Available records section start

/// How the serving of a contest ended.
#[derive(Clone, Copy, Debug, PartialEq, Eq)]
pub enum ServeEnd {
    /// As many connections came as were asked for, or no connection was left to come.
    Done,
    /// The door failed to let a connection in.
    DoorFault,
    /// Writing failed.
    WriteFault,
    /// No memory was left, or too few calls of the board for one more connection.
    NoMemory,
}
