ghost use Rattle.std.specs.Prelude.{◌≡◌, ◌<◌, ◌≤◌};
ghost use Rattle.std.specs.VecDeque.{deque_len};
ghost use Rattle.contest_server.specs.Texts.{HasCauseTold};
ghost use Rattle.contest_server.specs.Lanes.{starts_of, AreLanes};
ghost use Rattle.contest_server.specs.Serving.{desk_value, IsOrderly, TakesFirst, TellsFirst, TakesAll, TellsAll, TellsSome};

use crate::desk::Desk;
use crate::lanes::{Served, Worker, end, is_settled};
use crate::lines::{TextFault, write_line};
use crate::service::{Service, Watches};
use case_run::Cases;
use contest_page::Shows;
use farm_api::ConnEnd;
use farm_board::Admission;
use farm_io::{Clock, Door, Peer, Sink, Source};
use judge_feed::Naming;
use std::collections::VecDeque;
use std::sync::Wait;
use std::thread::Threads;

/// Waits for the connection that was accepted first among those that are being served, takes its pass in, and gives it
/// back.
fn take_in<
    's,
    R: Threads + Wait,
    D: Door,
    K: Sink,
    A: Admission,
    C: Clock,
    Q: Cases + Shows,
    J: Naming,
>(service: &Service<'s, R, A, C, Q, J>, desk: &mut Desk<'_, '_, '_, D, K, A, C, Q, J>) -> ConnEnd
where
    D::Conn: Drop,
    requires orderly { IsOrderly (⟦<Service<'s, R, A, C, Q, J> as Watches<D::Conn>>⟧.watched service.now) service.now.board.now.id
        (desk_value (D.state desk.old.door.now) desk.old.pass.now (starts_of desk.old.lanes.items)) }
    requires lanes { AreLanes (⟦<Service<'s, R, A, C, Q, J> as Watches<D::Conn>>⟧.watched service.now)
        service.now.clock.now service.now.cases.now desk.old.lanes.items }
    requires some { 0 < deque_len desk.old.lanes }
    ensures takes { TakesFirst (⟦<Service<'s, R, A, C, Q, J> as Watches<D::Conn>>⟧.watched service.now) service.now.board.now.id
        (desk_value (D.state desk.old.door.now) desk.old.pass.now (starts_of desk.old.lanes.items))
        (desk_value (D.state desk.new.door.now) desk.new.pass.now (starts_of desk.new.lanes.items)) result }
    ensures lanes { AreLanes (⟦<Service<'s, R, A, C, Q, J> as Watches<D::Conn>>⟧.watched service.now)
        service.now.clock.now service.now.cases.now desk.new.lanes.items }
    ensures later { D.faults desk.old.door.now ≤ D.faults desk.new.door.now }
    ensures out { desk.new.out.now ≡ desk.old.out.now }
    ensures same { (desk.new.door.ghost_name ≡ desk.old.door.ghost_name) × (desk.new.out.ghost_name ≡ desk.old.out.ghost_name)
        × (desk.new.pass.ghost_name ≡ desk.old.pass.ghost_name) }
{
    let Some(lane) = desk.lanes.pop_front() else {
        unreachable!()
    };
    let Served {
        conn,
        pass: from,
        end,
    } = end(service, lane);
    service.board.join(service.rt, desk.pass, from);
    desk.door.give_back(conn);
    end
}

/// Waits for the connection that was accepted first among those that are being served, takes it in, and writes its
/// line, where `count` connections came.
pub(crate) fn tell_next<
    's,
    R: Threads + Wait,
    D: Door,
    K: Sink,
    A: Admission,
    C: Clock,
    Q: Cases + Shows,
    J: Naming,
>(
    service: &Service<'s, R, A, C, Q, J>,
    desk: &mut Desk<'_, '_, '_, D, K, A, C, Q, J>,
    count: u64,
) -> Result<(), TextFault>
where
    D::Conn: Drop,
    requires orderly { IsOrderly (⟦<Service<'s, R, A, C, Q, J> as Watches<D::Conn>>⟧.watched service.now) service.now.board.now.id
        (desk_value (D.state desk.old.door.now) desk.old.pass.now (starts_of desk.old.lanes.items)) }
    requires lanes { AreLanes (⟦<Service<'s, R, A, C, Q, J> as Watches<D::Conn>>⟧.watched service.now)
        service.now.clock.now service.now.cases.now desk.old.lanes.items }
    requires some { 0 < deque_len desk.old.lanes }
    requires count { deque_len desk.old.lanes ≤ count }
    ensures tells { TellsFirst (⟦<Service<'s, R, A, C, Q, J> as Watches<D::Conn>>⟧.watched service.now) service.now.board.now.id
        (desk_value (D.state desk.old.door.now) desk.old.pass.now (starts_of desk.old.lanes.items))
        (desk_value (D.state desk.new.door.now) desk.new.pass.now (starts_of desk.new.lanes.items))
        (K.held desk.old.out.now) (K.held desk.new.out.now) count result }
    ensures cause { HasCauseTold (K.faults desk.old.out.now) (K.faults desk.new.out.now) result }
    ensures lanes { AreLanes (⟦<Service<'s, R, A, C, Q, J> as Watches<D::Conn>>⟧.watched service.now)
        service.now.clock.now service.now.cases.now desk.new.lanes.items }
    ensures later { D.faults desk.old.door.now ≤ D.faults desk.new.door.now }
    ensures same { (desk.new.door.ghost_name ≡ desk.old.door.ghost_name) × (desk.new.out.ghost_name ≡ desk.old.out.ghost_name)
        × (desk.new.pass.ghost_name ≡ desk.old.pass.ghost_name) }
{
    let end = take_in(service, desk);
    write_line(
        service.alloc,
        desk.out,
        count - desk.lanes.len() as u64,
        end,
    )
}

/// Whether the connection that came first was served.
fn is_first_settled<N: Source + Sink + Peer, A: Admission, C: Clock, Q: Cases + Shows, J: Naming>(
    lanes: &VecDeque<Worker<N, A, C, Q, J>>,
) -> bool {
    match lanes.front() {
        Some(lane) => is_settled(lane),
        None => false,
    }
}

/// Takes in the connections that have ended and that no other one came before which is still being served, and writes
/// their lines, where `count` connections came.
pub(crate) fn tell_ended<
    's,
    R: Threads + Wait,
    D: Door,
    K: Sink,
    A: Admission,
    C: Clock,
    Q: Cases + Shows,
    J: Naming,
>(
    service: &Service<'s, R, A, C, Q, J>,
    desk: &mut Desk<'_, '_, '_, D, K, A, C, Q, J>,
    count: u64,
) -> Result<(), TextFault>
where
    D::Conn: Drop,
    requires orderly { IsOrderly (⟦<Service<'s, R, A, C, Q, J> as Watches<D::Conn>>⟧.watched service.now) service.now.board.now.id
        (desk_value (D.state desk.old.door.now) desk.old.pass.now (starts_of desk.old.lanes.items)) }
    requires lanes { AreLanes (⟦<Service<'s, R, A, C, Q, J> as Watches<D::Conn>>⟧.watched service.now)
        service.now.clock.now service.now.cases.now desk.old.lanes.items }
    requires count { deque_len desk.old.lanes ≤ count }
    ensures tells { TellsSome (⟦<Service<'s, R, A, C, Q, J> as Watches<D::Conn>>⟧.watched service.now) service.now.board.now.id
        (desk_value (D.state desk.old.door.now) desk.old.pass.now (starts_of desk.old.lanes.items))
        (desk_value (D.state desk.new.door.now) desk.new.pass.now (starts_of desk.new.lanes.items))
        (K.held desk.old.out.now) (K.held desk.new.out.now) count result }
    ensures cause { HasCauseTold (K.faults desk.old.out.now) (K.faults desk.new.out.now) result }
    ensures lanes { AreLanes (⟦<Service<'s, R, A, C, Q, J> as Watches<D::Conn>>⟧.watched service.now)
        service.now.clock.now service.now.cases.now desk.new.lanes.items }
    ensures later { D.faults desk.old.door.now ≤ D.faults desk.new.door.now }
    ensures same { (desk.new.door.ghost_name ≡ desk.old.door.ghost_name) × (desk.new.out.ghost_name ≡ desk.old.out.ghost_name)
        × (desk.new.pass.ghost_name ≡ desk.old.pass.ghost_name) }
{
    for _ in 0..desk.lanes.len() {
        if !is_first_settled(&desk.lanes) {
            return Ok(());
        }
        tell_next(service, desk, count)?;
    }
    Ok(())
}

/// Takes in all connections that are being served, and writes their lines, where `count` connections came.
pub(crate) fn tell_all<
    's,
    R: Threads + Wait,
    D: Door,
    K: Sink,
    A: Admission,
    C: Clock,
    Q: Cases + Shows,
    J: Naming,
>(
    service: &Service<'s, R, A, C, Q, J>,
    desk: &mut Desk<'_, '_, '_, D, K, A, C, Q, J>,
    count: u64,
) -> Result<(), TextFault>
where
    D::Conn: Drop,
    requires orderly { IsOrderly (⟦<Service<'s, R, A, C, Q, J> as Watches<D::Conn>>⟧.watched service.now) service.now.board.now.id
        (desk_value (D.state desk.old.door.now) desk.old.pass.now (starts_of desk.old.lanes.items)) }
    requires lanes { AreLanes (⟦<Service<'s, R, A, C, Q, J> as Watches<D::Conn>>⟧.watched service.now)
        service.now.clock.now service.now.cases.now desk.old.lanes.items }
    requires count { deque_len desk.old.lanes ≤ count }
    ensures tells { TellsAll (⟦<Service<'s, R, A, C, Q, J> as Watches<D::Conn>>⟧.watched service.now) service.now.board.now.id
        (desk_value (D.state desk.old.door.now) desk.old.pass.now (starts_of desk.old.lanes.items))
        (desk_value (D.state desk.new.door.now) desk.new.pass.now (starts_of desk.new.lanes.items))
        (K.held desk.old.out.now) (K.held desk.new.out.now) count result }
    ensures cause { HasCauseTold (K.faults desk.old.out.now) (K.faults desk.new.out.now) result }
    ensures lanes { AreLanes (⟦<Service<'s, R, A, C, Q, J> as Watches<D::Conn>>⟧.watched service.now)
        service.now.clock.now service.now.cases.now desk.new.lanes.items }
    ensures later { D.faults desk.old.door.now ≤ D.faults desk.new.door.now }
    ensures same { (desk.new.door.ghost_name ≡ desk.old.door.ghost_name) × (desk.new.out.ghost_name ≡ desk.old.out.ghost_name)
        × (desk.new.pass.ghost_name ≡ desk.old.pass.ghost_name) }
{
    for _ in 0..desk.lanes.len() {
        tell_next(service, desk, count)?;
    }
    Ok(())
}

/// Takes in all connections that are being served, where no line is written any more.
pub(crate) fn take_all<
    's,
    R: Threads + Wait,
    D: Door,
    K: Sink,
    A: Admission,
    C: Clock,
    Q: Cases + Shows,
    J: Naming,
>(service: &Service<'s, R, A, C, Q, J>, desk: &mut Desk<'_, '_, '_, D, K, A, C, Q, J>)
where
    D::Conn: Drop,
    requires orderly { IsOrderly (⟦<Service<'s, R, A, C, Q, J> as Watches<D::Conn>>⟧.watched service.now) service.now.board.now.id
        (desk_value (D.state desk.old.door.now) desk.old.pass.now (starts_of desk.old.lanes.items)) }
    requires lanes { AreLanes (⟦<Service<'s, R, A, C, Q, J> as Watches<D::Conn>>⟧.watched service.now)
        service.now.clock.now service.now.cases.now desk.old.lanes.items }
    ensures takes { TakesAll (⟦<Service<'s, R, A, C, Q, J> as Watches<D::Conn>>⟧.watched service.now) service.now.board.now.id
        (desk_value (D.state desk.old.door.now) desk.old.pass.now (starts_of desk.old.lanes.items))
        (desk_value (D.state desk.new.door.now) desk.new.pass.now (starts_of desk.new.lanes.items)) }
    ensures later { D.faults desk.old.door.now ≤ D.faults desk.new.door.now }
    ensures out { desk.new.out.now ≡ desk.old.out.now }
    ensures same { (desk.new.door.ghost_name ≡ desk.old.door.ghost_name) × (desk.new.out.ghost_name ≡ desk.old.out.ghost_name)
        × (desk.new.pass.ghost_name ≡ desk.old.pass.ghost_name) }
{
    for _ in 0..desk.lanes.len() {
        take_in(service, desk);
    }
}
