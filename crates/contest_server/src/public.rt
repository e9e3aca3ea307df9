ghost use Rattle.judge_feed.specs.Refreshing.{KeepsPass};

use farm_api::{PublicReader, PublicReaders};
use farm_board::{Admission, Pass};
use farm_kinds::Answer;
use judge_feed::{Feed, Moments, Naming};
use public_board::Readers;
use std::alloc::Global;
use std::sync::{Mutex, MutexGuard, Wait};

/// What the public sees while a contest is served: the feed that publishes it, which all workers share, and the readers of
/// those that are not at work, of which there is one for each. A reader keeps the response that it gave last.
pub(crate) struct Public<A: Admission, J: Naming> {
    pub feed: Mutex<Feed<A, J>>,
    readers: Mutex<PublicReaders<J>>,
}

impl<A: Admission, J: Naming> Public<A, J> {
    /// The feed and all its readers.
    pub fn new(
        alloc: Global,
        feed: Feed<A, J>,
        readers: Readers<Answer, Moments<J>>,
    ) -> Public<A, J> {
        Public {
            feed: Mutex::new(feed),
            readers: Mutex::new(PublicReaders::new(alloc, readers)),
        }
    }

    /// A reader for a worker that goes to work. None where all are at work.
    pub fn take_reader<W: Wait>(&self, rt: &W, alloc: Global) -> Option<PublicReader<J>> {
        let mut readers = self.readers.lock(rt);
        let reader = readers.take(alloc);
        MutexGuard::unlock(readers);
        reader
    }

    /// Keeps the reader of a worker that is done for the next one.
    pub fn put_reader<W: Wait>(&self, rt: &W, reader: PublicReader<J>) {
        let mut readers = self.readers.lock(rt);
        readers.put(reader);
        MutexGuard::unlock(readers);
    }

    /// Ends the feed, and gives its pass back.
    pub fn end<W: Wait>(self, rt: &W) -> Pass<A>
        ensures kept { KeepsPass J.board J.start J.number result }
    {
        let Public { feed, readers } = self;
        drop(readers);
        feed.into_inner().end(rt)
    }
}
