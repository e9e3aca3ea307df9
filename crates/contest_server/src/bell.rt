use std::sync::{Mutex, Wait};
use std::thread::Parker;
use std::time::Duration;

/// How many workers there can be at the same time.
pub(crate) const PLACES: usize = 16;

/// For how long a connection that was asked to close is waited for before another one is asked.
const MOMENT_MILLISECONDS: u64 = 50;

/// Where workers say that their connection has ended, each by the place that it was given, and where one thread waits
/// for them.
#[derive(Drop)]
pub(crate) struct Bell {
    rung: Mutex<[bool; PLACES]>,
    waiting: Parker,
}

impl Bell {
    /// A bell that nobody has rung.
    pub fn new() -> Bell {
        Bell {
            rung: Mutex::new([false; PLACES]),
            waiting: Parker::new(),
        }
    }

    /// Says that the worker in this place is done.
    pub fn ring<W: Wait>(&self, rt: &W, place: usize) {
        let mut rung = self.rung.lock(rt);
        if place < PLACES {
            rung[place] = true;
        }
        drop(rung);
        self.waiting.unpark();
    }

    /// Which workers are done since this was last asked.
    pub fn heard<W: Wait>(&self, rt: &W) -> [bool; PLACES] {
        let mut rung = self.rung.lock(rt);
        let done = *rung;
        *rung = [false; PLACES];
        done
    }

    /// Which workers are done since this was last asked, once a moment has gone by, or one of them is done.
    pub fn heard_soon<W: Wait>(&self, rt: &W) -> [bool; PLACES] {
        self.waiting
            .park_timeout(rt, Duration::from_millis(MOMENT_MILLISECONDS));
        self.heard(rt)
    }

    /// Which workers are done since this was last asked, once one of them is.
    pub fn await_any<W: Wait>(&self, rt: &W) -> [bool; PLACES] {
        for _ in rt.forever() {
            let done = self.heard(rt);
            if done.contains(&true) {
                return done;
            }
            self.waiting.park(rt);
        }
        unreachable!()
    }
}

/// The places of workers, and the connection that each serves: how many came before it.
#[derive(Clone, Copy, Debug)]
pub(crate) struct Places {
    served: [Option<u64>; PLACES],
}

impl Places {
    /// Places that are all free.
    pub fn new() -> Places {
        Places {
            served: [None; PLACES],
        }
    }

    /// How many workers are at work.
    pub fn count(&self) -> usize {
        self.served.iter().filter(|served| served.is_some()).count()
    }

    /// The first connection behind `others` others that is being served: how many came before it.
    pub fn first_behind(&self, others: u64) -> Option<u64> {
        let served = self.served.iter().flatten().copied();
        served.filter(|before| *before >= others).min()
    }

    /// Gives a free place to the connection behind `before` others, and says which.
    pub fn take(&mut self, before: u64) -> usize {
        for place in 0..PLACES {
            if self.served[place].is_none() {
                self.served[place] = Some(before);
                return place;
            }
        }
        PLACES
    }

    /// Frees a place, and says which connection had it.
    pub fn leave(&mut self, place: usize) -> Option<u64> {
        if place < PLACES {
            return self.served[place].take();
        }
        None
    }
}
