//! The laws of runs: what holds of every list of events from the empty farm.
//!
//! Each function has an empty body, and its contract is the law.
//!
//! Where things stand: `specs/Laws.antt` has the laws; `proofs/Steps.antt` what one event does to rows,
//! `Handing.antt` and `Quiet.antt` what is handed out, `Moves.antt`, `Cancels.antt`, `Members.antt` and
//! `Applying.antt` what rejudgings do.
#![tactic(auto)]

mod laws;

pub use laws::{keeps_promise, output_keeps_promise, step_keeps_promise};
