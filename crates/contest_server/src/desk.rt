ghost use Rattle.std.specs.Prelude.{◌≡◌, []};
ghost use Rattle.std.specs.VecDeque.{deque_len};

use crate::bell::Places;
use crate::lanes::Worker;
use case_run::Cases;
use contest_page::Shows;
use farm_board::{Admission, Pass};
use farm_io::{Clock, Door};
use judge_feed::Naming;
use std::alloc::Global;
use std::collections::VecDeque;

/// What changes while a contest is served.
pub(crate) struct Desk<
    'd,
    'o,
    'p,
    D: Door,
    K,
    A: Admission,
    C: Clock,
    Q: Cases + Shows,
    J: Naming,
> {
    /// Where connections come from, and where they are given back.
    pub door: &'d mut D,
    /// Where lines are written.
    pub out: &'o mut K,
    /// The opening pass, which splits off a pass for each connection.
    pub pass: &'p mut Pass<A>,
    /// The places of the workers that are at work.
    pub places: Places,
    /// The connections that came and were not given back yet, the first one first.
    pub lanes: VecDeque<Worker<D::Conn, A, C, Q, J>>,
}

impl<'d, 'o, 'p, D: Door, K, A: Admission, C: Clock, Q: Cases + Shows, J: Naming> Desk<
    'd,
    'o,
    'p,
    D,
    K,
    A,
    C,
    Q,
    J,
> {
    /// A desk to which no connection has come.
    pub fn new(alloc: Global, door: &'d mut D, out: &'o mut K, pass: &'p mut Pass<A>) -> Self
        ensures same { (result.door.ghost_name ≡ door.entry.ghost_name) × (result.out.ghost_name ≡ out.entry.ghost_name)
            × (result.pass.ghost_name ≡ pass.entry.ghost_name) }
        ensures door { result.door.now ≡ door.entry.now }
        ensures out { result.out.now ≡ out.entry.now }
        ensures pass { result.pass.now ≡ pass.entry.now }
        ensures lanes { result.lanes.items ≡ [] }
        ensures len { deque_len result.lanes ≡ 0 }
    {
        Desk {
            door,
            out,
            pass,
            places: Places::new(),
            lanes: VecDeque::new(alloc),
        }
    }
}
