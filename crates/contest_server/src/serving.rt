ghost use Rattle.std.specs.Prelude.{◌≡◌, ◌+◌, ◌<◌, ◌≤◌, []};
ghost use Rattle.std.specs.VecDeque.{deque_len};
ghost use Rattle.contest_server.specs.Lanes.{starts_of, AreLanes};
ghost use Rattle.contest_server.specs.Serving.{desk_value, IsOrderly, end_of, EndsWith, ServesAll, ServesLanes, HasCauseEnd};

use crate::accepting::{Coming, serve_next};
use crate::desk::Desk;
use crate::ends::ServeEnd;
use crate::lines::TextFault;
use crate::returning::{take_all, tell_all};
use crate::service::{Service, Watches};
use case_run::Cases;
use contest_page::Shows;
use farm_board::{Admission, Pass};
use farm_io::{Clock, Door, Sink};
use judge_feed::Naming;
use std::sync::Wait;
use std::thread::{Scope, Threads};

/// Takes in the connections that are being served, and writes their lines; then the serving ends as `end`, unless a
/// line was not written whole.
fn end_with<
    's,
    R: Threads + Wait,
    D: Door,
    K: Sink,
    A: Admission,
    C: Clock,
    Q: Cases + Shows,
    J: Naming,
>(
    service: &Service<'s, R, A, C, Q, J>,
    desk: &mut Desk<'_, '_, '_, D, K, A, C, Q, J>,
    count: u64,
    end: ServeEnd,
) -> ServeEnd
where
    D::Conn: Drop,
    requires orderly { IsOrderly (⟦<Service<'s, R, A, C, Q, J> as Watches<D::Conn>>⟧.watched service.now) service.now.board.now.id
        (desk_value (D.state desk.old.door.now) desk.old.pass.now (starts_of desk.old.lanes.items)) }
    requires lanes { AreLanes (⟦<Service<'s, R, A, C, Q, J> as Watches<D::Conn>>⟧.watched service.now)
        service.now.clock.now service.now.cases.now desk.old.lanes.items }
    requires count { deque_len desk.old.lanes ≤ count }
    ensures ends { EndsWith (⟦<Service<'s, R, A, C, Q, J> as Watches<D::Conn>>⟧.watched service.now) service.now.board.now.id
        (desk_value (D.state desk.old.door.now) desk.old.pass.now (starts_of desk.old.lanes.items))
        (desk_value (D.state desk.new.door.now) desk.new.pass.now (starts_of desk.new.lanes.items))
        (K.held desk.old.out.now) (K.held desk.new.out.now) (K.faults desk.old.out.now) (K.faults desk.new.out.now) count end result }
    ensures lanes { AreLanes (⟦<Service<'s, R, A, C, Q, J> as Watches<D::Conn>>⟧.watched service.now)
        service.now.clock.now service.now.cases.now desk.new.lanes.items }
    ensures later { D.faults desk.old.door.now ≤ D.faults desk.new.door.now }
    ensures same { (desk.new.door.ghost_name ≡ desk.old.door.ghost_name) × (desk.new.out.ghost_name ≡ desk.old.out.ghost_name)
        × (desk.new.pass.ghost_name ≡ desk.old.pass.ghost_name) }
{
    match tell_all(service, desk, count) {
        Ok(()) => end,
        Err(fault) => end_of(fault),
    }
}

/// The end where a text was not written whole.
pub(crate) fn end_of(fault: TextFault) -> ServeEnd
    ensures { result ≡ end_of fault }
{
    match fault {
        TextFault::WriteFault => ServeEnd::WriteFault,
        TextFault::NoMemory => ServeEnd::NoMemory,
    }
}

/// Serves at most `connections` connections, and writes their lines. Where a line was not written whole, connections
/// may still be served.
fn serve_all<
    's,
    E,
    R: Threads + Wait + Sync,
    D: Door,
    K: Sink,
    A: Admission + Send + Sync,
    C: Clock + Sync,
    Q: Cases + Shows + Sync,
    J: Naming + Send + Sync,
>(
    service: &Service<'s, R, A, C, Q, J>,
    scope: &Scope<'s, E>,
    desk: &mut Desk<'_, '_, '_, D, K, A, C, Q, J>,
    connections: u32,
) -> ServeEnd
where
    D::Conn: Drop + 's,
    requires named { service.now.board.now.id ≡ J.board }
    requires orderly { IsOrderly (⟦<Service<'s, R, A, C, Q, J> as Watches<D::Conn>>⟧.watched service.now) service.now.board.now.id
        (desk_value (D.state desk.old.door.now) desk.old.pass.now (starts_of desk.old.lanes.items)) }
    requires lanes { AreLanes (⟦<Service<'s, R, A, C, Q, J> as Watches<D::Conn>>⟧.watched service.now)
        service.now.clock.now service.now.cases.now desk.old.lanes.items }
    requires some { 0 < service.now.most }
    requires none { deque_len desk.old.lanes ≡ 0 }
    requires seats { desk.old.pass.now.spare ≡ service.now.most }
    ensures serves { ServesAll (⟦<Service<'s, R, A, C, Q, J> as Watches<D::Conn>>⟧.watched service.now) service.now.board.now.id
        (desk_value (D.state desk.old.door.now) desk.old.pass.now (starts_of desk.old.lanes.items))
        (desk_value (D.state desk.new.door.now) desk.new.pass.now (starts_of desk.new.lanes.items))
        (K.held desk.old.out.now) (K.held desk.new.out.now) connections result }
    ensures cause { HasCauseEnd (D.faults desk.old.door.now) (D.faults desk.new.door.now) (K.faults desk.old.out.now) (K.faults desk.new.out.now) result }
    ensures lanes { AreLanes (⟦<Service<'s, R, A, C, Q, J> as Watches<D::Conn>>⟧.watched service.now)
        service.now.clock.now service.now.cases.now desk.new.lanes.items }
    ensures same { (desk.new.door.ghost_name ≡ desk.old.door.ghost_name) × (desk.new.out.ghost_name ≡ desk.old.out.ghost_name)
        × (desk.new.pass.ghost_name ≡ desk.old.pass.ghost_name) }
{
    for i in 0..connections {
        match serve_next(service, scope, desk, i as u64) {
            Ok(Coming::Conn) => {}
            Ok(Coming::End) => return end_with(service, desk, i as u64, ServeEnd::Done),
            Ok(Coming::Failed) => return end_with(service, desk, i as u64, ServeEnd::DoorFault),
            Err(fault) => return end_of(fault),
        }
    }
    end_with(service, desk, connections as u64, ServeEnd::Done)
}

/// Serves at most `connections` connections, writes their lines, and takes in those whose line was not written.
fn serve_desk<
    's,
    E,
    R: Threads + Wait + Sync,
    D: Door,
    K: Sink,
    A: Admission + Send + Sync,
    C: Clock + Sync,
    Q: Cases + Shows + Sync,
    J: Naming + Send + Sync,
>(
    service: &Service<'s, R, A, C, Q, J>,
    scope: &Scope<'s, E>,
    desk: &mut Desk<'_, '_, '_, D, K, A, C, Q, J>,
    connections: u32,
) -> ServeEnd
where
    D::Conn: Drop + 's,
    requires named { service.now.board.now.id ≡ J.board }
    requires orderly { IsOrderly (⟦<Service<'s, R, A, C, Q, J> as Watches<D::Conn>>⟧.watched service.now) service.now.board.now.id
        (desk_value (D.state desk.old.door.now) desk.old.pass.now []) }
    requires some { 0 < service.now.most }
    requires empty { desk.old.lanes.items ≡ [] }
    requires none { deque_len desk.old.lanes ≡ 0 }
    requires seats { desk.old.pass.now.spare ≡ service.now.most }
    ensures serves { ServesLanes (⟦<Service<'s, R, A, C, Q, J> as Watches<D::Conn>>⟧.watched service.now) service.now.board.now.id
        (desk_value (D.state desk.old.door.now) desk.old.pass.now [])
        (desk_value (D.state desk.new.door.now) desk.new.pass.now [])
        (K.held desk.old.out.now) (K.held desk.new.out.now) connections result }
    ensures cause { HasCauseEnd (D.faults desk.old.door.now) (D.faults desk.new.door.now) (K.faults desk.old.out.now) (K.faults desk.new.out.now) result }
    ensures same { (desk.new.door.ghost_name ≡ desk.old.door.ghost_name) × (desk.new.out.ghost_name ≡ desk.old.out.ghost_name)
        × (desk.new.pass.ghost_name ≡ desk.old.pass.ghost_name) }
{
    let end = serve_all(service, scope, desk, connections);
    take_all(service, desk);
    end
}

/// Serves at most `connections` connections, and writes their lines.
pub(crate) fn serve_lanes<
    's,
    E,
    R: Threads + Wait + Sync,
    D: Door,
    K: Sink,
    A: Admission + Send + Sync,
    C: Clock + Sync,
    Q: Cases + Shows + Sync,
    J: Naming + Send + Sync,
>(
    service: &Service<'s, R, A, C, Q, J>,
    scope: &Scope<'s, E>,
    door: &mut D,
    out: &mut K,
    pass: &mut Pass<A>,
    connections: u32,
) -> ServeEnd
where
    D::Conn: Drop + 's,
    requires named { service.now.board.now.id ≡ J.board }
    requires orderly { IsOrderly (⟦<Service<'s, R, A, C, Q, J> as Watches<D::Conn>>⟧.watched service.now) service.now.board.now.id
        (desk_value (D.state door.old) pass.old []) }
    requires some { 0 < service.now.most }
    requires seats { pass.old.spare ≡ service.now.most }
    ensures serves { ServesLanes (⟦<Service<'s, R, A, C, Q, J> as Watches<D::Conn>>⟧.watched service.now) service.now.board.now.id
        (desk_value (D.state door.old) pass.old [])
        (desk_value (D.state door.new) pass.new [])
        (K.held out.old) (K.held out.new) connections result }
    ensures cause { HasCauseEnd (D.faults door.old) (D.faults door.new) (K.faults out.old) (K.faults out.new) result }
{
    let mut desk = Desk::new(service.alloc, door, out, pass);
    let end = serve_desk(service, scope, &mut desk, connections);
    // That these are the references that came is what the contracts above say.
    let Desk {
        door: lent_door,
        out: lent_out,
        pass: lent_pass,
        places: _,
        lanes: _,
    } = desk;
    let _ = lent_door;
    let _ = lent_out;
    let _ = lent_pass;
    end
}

Available records section end

**Task brief:**
The answer is a number alone: how many lines of the data contain the string "empty"?

**Answer for the task:**
3